BEGIN Extracted data

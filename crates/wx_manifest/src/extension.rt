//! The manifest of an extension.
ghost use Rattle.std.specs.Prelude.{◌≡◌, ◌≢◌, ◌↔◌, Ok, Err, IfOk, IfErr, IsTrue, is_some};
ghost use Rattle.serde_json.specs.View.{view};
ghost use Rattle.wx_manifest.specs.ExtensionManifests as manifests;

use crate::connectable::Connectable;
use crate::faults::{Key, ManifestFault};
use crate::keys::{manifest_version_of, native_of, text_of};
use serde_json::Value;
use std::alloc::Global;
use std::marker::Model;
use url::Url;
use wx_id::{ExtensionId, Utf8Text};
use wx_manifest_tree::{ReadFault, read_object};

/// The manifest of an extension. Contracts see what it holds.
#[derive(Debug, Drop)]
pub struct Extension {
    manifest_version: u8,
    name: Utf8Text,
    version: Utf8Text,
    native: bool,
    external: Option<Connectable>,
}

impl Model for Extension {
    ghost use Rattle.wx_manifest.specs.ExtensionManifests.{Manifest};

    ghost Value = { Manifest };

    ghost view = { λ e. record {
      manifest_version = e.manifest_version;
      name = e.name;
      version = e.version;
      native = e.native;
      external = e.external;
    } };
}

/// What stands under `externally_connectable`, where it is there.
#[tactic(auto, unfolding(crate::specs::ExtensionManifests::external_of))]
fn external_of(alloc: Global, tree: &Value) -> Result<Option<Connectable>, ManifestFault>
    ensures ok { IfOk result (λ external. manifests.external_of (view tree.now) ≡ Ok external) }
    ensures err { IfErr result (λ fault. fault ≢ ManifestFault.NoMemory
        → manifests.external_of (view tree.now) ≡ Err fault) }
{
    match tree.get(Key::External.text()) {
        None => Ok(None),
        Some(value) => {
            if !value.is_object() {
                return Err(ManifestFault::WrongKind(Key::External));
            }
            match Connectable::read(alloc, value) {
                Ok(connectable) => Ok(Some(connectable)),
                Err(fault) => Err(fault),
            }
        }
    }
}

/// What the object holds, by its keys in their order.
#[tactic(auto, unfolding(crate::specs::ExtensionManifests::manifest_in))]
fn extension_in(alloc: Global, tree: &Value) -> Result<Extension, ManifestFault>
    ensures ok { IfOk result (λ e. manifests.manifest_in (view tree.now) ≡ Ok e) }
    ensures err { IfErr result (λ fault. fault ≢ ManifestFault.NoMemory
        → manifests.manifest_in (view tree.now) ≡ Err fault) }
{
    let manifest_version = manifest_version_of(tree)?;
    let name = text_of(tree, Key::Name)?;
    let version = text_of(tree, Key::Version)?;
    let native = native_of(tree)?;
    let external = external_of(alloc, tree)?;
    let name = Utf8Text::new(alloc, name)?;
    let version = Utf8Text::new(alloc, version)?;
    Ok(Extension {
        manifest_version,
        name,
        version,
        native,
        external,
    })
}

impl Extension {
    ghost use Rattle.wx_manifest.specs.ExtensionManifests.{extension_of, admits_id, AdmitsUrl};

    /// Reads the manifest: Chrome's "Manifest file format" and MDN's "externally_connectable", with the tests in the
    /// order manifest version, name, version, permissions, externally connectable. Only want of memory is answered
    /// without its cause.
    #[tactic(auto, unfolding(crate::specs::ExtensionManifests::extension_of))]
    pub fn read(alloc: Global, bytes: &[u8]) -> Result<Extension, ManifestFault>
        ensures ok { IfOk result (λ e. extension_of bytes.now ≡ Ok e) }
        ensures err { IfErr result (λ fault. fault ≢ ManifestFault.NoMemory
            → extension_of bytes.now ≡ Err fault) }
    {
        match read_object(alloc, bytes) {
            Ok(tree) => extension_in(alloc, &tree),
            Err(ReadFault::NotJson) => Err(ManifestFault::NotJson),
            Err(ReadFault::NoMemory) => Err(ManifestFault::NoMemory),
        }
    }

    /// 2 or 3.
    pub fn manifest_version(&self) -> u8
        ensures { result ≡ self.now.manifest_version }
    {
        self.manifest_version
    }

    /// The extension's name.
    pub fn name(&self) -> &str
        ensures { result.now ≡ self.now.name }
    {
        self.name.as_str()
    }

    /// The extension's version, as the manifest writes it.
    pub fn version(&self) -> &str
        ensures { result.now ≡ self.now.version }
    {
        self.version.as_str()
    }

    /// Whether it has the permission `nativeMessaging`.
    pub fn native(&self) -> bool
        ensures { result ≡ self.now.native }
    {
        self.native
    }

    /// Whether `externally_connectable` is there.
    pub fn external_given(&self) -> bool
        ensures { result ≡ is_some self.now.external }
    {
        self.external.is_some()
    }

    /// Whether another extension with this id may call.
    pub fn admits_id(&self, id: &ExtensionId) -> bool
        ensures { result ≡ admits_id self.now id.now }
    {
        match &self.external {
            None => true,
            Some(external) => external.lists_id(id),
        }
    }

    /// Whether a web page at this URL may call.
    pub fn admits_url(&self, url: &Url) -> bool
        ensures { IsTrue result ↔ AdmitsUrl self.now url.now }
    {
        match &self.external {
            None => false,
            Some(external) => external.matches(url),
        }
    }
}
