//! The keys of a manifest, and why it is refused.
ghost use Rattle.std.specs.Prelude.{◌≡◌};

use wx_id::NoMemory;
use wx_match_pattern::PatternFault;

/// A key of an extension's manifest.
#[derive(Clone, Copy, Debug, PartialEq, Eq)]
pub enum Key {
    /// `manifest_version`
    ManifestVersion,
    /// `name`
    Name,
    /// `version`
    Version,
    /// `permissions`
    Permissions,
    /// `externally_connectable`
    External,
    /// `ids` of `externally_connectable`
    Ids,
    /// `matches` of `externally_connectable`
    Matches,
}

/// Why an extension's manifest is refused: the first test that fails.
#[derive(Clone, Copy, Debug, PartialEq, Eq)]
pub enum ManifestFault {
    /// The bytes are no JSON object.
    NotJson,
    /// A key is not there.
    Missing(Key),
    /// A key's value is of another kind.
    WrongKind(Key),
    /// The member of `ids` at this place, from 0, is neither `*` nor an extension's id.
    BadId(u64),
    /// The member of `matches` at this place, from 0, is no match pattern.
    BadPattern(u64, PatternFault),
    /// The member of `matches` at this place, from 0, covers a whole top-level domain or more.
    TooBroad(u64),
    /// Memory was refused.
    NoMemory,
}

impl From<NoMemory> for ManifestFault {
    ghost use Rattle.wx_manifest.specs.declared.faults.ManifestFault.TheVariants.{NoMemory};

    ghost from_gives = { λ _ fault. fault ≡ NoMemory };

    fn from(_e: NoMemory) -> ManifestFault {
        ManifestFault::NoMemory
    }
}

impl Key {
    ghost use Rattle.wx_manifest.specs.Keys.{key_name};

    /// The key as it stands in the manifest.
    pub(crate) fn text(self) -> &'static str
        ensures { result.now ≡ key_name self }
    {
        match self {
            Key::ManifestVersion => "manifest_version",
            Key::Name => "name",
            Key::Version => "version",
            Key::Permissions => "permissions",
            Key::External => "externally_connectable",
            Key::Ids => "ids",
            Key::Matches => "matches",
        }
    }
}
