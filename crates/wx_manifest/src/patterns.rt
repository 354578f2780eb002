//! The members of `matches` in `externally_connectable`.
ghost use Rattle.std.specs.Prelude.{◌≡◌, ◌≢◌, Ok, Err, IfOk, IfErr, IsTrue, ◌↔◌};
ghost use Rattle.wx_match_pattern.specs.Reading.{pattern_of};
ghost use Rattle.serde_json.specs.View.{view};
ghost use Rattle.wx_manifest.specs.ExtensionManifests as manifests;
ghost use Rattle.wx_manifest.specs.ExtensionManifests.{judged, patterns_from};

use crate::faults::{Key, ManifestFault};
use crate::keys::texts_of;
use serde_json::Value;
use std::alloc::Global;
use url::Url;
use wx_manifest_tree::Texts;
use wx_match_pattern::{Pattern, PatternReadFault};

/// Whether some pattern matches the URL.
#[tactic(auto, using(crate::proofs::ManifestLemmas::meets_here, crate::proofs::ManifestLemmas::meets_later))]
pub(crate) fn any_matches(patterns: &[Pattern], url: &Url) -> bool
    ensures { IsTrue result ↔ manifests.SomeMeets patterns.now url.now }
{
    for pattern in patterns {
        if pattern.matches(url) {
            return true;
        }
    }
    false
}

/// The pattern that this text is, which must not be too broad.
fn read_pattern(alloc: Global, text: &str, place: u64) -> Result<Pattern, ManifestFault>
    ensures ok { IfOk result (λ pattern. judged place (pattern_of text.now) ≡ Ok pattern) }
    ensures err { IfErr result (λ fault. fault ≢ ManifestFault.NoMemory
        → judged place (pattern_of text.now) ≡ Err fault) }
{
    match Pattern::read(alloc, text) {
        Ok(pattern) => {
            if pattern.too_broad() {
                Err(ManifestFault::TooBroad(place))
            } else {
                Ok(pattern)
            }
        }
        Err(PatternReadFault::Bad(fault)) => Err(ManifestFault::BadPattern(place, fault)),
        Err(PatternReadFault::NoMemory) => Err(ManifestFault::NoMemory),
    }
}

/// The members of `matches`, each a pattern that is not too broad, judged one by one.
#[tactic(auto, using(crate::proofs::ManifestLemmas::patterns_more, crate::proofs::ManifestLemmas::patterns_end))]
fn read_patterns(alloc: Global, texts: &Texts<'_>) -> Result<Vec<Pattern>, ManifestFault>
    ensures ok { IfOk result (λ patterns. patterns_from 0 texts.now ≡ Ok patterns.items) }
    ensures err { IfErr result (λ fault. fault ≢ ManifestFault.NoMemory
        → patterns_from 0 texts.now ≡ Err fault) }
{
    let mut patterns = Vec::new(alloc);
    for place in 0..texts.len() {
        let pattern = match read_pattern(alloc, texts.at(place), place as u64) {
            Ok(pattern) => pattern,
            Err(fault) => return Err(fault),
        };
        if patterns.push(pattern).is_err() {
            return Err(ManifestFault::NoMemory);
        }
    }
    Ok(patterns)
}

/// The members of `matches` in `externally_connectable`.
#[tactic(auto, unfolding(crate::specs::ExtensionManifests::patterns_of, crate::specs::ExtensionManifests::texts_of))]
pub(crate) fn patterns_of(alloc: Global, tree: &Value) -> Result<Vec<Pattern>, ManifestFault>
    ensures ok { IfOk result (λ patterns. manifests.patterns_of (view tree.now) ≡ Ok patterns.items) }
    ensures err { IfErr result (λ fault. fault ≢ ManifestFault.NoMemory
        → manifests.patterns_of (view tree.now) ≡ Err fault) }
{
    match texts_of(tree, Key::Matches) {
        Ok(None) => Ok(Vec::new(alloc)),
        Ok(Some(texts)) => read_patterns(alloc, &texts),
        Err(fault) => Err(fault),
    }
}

END Extracted data

#### [The task]
In the material above, please count the lines that hold the word "this" and answer with only that number.

#### [The answer]
6